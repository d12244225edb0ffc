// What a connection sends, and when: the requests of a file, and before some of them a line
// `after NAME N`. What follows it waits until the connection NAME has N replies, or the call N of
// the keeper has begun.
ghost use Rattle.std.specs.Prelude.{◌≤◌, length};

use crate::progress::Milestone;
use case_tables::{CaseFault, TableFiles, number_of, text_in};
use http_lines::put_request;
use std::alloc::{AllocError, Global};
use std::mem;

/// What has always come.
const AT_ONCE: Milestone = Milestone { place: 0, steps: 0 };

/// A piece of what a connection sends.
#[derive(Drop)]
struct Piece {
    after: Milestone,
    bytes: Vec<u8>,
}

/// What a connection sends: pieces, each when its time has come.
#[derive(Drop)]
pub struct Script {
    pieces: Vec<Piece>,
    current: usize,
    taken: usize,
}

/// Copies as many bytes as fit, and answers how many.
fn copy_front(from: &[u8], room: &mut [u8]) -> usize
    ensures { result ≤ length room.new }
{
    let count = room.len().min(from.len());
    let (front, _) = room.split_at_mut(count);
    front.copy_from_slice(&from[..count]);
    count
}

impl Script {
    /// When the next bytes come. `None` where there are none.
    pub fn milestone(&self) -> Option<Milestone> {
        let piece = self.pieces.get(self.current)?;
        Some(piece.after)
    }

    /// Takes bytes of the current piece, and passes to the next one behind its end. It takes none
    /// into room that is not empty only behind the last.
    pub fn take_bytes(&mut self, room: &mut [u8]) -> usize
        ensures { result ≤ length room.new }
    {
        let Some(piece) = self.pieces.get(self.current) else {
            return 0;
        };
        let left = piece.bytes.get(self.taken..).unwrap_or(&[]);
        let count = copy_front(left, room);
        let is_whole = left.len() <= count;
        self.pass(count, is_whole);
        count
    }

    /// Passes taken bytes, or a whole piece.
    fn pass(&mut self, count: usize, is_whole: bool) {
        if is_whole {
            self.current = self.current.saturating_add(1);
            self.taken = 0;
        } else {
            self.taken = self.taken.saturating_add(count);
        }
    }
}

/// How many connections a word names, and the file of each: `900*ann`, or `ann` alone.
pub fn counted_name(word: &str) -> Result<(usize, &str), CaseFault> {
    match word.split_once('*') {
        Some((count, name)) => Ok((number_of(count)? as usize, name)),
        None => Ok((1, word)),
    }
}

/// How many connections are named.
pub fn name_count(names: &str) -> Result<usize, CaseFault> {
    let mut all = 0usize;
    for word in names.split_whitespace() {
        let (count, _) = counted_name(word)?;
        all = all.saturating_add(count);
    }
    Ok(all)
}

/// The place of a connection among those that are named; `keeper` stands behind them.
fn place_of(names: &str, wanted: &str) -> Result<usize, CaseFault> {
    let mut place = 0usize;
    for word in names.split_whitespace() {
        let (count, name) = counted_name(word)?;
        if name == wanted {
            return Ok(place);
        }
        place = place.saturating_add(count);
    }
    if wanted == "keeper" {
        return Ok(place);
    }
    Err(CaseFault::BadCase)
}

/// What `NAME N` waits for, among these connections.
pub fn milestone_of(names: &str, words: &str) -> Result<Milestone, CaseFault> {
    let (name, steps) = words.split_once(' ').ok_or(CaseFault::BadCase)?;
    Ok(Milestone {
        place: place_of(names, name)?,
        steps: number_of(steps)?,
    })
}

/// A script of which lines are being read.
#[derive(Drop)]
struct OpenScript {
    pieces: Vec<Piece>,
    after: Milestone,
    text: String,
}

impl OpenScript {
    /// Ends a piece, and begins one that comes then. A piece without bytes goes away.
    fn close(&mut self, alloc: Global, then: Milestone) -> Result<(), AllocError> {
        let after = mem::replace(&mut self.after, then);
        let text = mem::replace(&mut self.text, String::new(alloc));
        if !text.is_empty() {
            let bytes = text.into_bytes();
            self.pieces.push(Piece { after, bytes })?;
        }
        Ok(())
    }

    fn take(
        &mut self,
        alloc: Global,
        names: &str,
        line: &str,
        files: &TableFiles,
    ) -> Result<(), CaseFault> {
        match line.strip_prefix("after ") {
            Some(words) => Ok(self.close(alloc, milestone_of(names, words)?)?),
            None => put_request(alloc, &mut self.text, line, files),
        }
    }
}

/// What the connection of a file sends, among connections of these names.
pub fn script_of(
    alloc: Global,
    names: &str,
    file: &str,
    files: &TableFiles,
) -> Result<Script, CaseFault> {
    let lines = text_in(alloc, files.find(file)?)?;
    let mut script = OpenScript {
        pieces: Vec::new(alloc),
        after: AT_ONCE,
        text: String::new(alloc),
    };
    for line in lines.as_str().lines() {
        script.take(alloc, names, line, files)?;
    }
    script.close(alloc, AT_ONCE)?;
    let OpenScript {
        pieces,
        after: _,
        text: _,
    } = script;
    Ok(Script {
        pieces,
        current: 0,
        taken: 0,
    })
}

What you will do → All lines above containing the string "TableFiles": copy each one.

Solution for this exercise →
use case_tables::{CaseFault, TableFiles, number_of, text_in};
        files: &TableFiles,
    files: &TableFiles,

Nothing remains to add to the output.